Finally, the real interest rates r_t and $r_{t}^{$}$ in the aggregate-demand equation (1) are linked to the domestic nominal interest rates i_t and $i_{t}^{*}$ in local currency and U.S. dollars, respectively, by the Fisher equation.

r_{t} = i_{t} - E_{t} (π_{t + 1})

r_{t}^{*} = i_{t}^{*} + E_{t} (s_{t + 1}) - E_{t} (π_{t + 1})

External shocks. Terms of trade, external demand, and interest rate in U.S. dollars are the main exogenous variables in this model and the main channels that external shocks spillover to Peru.

We assume that the terms-of-trade gap follows an AR(1) process with world metal prices as an exogenous variable.

\begin{matrix} T o T_{t} = ρ_{t o t} T o T_{t - 1} + ρ_{m} M_{t} + ɛ_{t}^{t o t} & (7) \end{matrix}

In equation (7), M_t is the world metal price (in gap terms), and $ε_{t}^{t o t}$ is the disturbance term or the terms-of-trade shock stripping out the shocks to world metal prices.

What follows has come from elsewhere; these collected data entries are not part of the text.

//! The kinds of phrase of an expression.
ghost use Rattle.std.specs.Prelude.{◌≡◌};
ghost use Rattle.bpl_show.specs.Exprs as spec;

use bpl_ast::Expr;

/// What the grammar asks for at a place of an expression, from the widest kind of phrase to the narrowest. Each kind holds all
/// narrower ones.
#[derive(Clone, Copy, Debug, PartialEq, Eq)]
pub enum Phrase {
    /// Any expression; only here an `if` needs no parentheses.
    Whole,
    /// A chain of `<==>`.
    Equivalence,
    /// `==>`, or a chain of `<==`.
    Implication,
    /// A chain of `&&` or of `||`.
    Logic,
    /// `==` or `!=`.
    Relation,
    /// A chain of `++`.
    Concatenation,
    /// `!`.
    Unary,
    /// An operand, with brackets after it or without.
    Operand,
}

impl Phrase {
    /// The number of the kind, from the widest on.
    pub fn rank(self) -> u8
        ensures { result ≡ spec.rank self }
    {
        self as u8
    }
}

/// The kind of phrase that an expression is.
#[tactic(auto, using(crate::proofs::KindLaws::kinds))]
pub fn kind(shown: &Expr) -> Phrase
    ensures { result ≡ spec.kind shown.now }
{
    match shown {
        Expr::True { .. }
        | Expr::False { .. }
        | Expr::Literal { .. }
        | Expr::Variable { .. }
        | Expr::Apply { .. }
        | Expr::Post { .. } => Phrase::Operand,
        Expr::Not { .. } => Phrase::Unary,
        Expr::Concat { .. } => Phrase::Concatenation,
        Expr::Equal { .. } | Expr::NotEqual { .. } => Phrase::Relation,
        Expr::And { .. } | Expr::Or { .. } => Phrase::Logic,
        Expr::Implies { .. } | Expr::ImpliedBy { .. } => Phrase::Implication,
        Expr::Equivalent { .. } => Phrase::Equivalence,
        Expr::Choice { .. } => Phrase::Whole,
    }
}
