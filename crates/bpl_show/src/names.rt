//! Names, attributes and sorts.
ghost use Rattle.std.specs.Prelude.{◌≡◌, OnOk};
ghost use Rattle.bpl_show.specs.Names as spec;
ghost use Rattle.bpl_show.specs.Tokens.{written};

use crate::lists::{Show, each};
use crate::tokens::word;
use bpl_ast::{Attribute, Lexeme, Name, Sort};
use hy_text::Bytes;
use std::alloc::AllocError;

impl Show for Name {
    ghost tokens = { spec.name };

    fn show(&self, out: &mut Bytes) -> Result<(), AllocError> {
        word(out, self.text.as_slice())
    }
}

impl Show for Lexeme {
    ghost tokens = { spec.lexeme };

    fn show(&self, out: &mut Bytes) -> Result<(), AllocError> {
        word(out, self.text.as_slice())
    }
}

#[tactic(auto, using(crate::proofs::Written::writing))]
impl Show for Attribute {
    ghost tokens = { spec.attribute };

    fn show(&self, out: &mut Bytes) -> Result<(), AllocError> {
        word(out, b"{")?;
        word(out, b":")?;
        self.name.show(out)?;
        each(out, self.tokens.as_slice())?;
        word(out, b"}")
    }
}

/// Appends a sort: a recursion over its levels, of which the reader lets 200 nest.
#[tactic(auto, using(crate::proofs::Written::writing, crate::proofs::Equations::equations))]
pub fn sort(out: &mut Bytes, shown: &Sort) -> Result<(), AllocError>
    ensures { OnOk result (out.new ≡ written out.old (spec.sort shown.now)) }
{
    match shown {
        Sort::Boolean { .. } => word(out, b"bool"),
        Sort::Bits { text, .. } => word(out, text.as_slice()),
        Sort::Named { name } => name.show(out),
        Sort::Map { index, elem, .. } => {
            word(out, b"[")?;
            sort(out, index.get())?;
            word(out, b"]")?;
            sort(out, elem.get())
        }
    }
}
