//! The book itself: its nodes, its journal, the events that want no evidence, and what is read off it.
ghost use Rattle.std.specs.Prelude.{◌≡◌, ◌+◌, ◌-◌, ◌<◌, ◌≤◌, IfOk, IfErr, OnOk, IfSome, IsTrue, length, [], MatchResult, Some, None, slice_get, vec_capacity};
ghost use Rattle.std.specs.Arc.{arc_value};
ghost use Rattle.flat_prog.specs.Trees.{Run};
ghost use Rattle.flat_prog.specs.Nodes.{run_of};
ghost use Rattle.piece_core.specs.declared.leaves.Leaf.{Leaf};
ghost use Rattle.piece_core.specs.declared.leaves.Status2.TheVariants.{Live, Closed, Found, Split};
ghost use Rattle.piece_core.specs.declared.events.Event.TheVariants.{Take as TakeEvent, Inline as InlineEvent, Split as SplitEvent, Close as CloseEvent, Found as FoundEvent, Back as BackEvent};
ghost use Rattle.piece_core.specs.Evidence.{Closes, IsFine, MayInline, MaySplit, Under, shapes_of};
ghost use Rattle.piece_core.specs.Halves.{AreHalves};
ghost use Rattle.piece_core.specs.Refusals.{EventRefused, OrNoMemory, RefusedAs, back_refusal, sight_refusal, take_refusal};
ghost use Rattle.piece_core.specs.Book.{Booked, IsSound, Opens, Same, Says, entry, least_live, opening_leaves, to_come, verdict_of};

use crate::events::{Entry, Event, noted};
use crate::growths::{divide, grow};
use crate::leaves::{Leaf, Status2, is_alive, kind};
use crate::refusals::{EventRefusal, refuse_back, refuse_event, refuse_take};
use crate::sights::{Sight, see};
use crate::tasks::Task;
use crate::verdicts::Verdict2;
use crate::writes::{keep_first, next_live, put_halves, set_holder, set_status, set_tree};
use call_tree::laws::{full_trees_have_partial_runs, whole_partial_runs_are_full_trees};
use call_tree::{PartTree, Piece, SitePath};
use cnf_form::Refuted;
use flat_prog::RunTree;
use proof_check::refutation_is_sound;
use std::alloc::{AllocError, Global};
use std::marker::Model;
use std::sync::Arc;
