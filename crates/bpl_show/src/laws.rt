//! Laws of the definitions. These calls do nothing; what they ensure holds of every program.
ghost use Rattle.bpl_show.specs.Lines.{ShownInLines};

/// The canonical text is whole lines, and these hold the tokens in their order: each line is one token or more with one space
/// between them, and a line feed.
#[tactic(auto, using(crate::proofs::LineLaws::in_lines))]
pub fn shown_in_lines()
    ensures { ShownInLines }
{}
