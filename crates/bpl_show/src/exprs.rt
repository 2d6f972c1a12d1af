//! Expressions: a recursion over their levels, of which the reader lets 200 nest.
ghost use Rattle.std.specs.Prelude.{◌≡◌, ◌++◌, nat_eq, flat_map, if◌then◌else◌, codes, OnOk};
ghost use Rattle.bpl_show.specs.Exprs as spec;
ghost use Rattle.bpl_show.specs.Names.{name as one_name, listed as all_listed};
ghost use Rattle.bpl_show.specs.Tokens.{word as one_word, written};

use crate::lists::Show;
use crate::phrase::{Phrase, kind};
use crate::tokens::{literal, number, word};
use bpl_ast::{Bracket, Expr, Name};
use hy_text::Bytes;
use std::alloc::AllocError;

/// Appends an expression at a place that asks for a kind of phrase: in parentheses where it is of a wider kind.
#[cycle(expressions)]
pub fn expr(out: &mut Bytes, shown: &Expr, asked: Phrase) -> Result<(), AllocError>
    ensures { OnOk result (out.new ≡ written out.old (spec.expr shown.now asked)) }
{
    if kind(shown).rank() < asked.rank() {
        word(out, b"(")?;
        bare(out, shown)?;
        word(out, b")")
    } else {
        bare(out, shown)
    }
}

/// Appends an expression without parentheses around it.
#[cycle(expressions)]
#[tactic(auto, using(crate::proofs::Written::writing, crate::proofs::Equations::equations))]
pub fn bare(out: &mut Bytes, shown: &Expr) -> Result<(), AllocError>
    ensures { OnOk result (out.new ≡ written out.old (spec.whole shown.now)) }
{
    match shown {
        Expr::True { .. } => word(out, b"true"),
        Expr::False { .. } => word(out, b"false"),
        Expr::Literal { width, bits, .. } => literal(out, *width, *bits),
        Expr::Variable { name } => name.show(out),
        Expr::Apply {
            function,
            arguments,
        } => application(out, function, arguments.as_slice()),
        Expr::Post {
            operand,
            brackets: after,
            ..
        } => {
            expr(out, operand.get(), Phrase::Operand)?;
            brackets(out, after.as_slice())
        }
        Expr::Not { operand, .. } => behind(out, b"!", operand.get(), Phrase::Unary),
        Expr::Concat { operands, .. } => chain(out, b"++", operands.as_slice(), Phrase::Unary),
        Expr::Equal { left, right, .. } => {
            expr(out, left.get(), Phrase::Concatenation)?;
            behind(out, b"==", right.get(), Phrase::Concatenation)
        }
        Expr::NotEqual { left, right, .. } => {
            expr(out, left.get(), Phrase::Concatenation)?;
            behind(out, b"!=", right.get(), Phrase::Concatenation)
        }
        Expr::And { operands, .. } => chain(out, b"&&", operands.as_slice(), Phrase::Relation),
        Expr::Or { operands, .. } => chain(out, b"||", operands.as_slice(), Phrase::Relation),
        Expr::Implies { left, right, .. } => {
            expr(out, left.get(), Phrase::Logic)?;
            behind(out, b"==>", right.get(), Phrase::Implication)
        }
        Expr::ImpliedBy { operands, .. } => chain(out, b"<==", operands.as_slice(), Phrase::Logic),
        Expr::Equivalent { operands, .. } => {
            chain(out, b"<==>", operands.as_slice(), Phrase::Implication)
        }
        Expr::Choice {
            condition,
            yes,
            no,
            ..
        } => {
            behind(out, b"if", condition.get(), Phrase::Whole)?;
            behind(out, b"then", yes.get(), Phrase::Whole)?;
            behind(out, b"else", no.get(), Phrase::Whole)
        }
    }
}

/// Appends a function with its arguments.
#[cycle(expressions)]
#[tactic(auto, using(crate::proofs::Written::writing))]
fn application(out: &mut Bytes, function: &Name, arguments: &[Expr]) -> Result<(), AllocError>
    ensures { OnOk result (out.new ≡ written out.old (one_name function.now ++ one_word (codes "(") ++ all_listed spec.whole arguments.now ++ one_word (codes ")"))) }
{
    function.show(out)?;
    word(out, b"(")?;
    chain(out, b",", arguments, Phrase::Whole)?;
    word(out, b")")
}

/// Appends a sign or a word, and the expression after it.
#[cycle(expressions)]
#[tactic(auto, using(crate::proofs::Written::writing))]
fn behind(out: &mut Bytes, sign: &[u8], shown: &Expr, asked: Phrase) -> Result<(), AllocError>
    ensures { OnOk result (out.new ≡ written out.old (one_word sign.now ++ spec.expr shown.now asked)) }
{
    word(out, sign)?;
    expr(out, shown, asked)
}

/// Appends an operand of a chain, by its index: behind a sign, unless it is the first.
#[cycle(expressions)]
fn link(
    out: &mut Bytes,
    index: usize,
    sign: &[u8],
    shown: &Expr,
    asked: Phrase,
) -> Result<(), AllocError>
    ensures { OnOk result (out.new ≡ written out.old (if nat_eq index 0 then spec.expr shown.now asked else one_word sign.now ++ spec.expr shown.now asked)) }
{
    if index == 0 {
        expr(out, shown, asked)
    } else {
        behind(out, sign, shown, asked)
    }
}

/// Appends operands with a sign between them.
#[cycle(expressions)]
pub fn chain(
    out: &mut Bytes,
    sign: &[u8],
    operands: &[Expr],
    asked: Phrase,
) -> Result<(), AllocError>
    ensures { OnOk result (out.new ≡ written out.old (spec.chained sign.now asked operands.now)) }
{
    for (index, operand) in operands.iter().enumerate() {
        link(out, index, sign, operand, asked)?;
    }
    Ok(())
}

/// Appends brackets one after the other.
#[cycle(expressions)]
fn brackets(out: &mut Bytes, shown: &[Bracket]) -> Result<(), AllocError>
    ensures { OnOk result (out.new ≡ written out.old (flat_map spec.bracket shown.now)) }
{
    for one in shown {
        bracket(out, one)?;
    }
    Ok(())
}

/// Appends a bracket.
#[cycle(expressions)]
#[tactic(auto, using(crate::proofs::Written::writing, crate::proofs::Equations::equations))]
fn bracket(out: &mut Bytes, shown: &Bracket) -> Result<(), AllocError>
    ensures { OnOk result (out.new ≡ written out.old (spec.bracket shown.now)) }
{
    word(out, b"[")?;
    match shown {
        Bracket::Select { index } => bare(out, index)?,
        Bracket::Store { index, value } => {
            bare(out, index)?;
            word(out, b":=")?;
            bare(out, value)?;
        }
        Bracket::Extract { high, low } => {
            number(out, *high)?;
            word(out, b":")?;
            number(out, *low)?;
        }
    }
    word(out, b"]")
}
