//! Tokens, written at the end of a text.
ghost use Rattle.std.specs.Prelude.{◌≡◌, [], ◌∷◌, ◌++◌, OnOk};
ghost use Rattle.bpl_show.specs.Exprs as spec;
ghost use Rattle.bpl_show.specs.Tokens.{written};
ghost use Rattle.bpl_show.specs.Tokens as spec_token;

use hy_text::{Bytes, put_u64};
use itoa::Buffer;
use std::alloc::AllocError;

/// Appends what parts a token from the next one.
fn gap_after(out: &mut Bytes, ends_line: bool) -> Result<(), AllocError>
    ensures { OnOk result (out.new ≡ out.old ++ spec_token.gap_after ends_line ∷ []) }
{
    out.push(if ends_line { b'\n' } else { b' ' })
}

/// Appends a token, after which the line ends or not.
#[tactic(auto, using(crate::proofs::Written::marks))]
pub fn mark(out: &mut Bytes, ends_line: bool, text: &[u8]) -> Result<(), AllocError>
    ensures { OnOk result (out.new ≡ written out.old (spec_token.mark ends_line text.now)) }
{
    out.append(text)?;
    gap_after(out, ends_line)
}

/// Appends a token within a line.
pub fn word(out: &mut Bytes, text: &[u8]) -> Result<(), AllocError>
    ensures { OnOk result (out.new ≡ written out.old (spec_token.word text.now)) }
{
    mark(out, false, text)
}

/// Appends the last token of a line.
pub fn last(out: &mut Bytes, text: &[u8]) -> Result<(), AllocError>
    ensures { OnOk result (out.new ≡ written out.old (spec_token.last text.now)) }
{
    mark(out, true, text)
}

/// Appends a number, without leading zeros.
pub fn number(out: &mut Bytes, n: u128) -> Result<(), AllocError>
    ensures { OnOk result (out.new ≡ written out.old (spec_token.number n)) }
{
    let mut buffer = Buffer::new();
    word(out, buffer.format(n).as_bytes())
}

/// Appends a literal, without leading zeros.
#[tactic(auto, using(crate::proofs::Written::marks))]
pub fn literal(out: &mut Bytes, width: u32, bits: u64) -> Result<(), AllocError>
    ensures { OnOk result (out.new ≡ written out.old (spec_token.word (spec.literal width bits))) }
{
    put_u64(out, bits)?;
    out.append(b"bv")?;
    put_u64(out, u64::from(width))?;
    gap_after(out, false)
}
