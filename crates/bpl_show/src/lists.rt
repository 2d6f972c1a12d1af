//! What has a canonical form, and lists of it.
ghost use Rattle.std.specs.Prelude.{◌≡◌, List, ◌++◌, flat_map, codes, OnOk};
ghost use Rattle.bpl_show.specs.Names as spec;
ghost use Rattle.bpl_show.specs.Tokens.{Token, word, written};

use crate::tokens::word;
use hy_text::Bytes;
use std::alloc::AllocError;

/// What has a canonical form.
pub trait Show {
    /// The tokens of the form.
    ghost tokens: { Self → List Token };

    /// Appends the tokens.
    fn show(&self, out: &mut Bytes) -> Result<(), AllocError>
        ensures { OnOk result (out.new ≡ written out.old (tokens self.now)) };
}

/// Appends the items, one after the other.
#[tactic(auto, using(crate::proofs::Written::writing))]
pub fn each<T: Show>(out: &mut Bytes, items: &[T]) -> Result<(), AllocError>
    ensures { OnOk result (out.new ≡ written out.old (flat_map T.tokens items.now)) }
{
    for item in items {
        item.show(out)?;
    }
    Ok(())
}

/// Appends each item behind a comma.
#[tactic(auto, using(crate::proofs::Written::writing))]
fn behind_commas<T: Show>(out: &mut Bytes, items: &[T]) -> Result<(), AllocError>
    ensures { OnOk result (out.new ≡ written out.old (flat_map (λ x. word (codes ",") ++ T.tokens x) items.now)) }
{
    for item in items {
        word(out, b",")?;
        item.show(out)?;
    }
    Ok(())
}

/// Appends the items with commas between them.
#[tactic(auto, using(crate::proofs::Written::writing))]
pub fn listed<T: Show>(out: &mut Bytes, items: &[T]) -> Result<(), AllocError>
    ensures { OnOk result (out.new ≡ written out.old (spec.listed T.tokens items.now)) }
{
    match items {
        [] => Ok(()),
        [first, others @ ..] => {
            first.show(out)?;
            behind_commas(out, others)
        }
    }
}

We also assume that the domestic nominal interest rate in U.S. dollars, $i_{t}^{*}$ , follows an AR(1) process with the U.S. federal funds rate FFR_t as an exogenous variable, as presented in equation (8).¹⁰

\begin{matrix} i_{t}^{*} = ρ_{i} i_{t - 1}^{*} + ρ_{f} F F R_{t} + ɛ_{t}^{i *} & (8) \end{matrix}

External demand $y_{t}^{*}$ is approximated by a trade-weighted average of Peru’s top three trading partners’ output gaps, including the U.S., China, and the euro area, as specified in equation (9).

\begin{matrix} y_{t}^{*} = w_{t}^{U S} y_{t}^{U S} + w_{t}^{E A} y_{t}^{E A} + w_{t}^{C H N} y_{t}^{C H N} & (9) \end{matrix}

In equation (9), y_t is the output gap of each of these three economies, and w_t is the trade weight between each of the three economies and Peru (summing up to 1).

China’s investment slowdown is transmitted through its impact on China’s output and world metal prices. There are mainly two channels for the transmission of this shock in the model. First, as discussed above, China’s investment slowdown directly affects China’s growth and output gap $y_{t}^{C H N}$ , and thus the external demand $y_{t}^{*}$ according to (9) (the direct channel). Second, China’s investment slowdown puts downward pressures on world metal prices M_t and deteriorating Peru’s terms of trade according to (7) (the indirect channel).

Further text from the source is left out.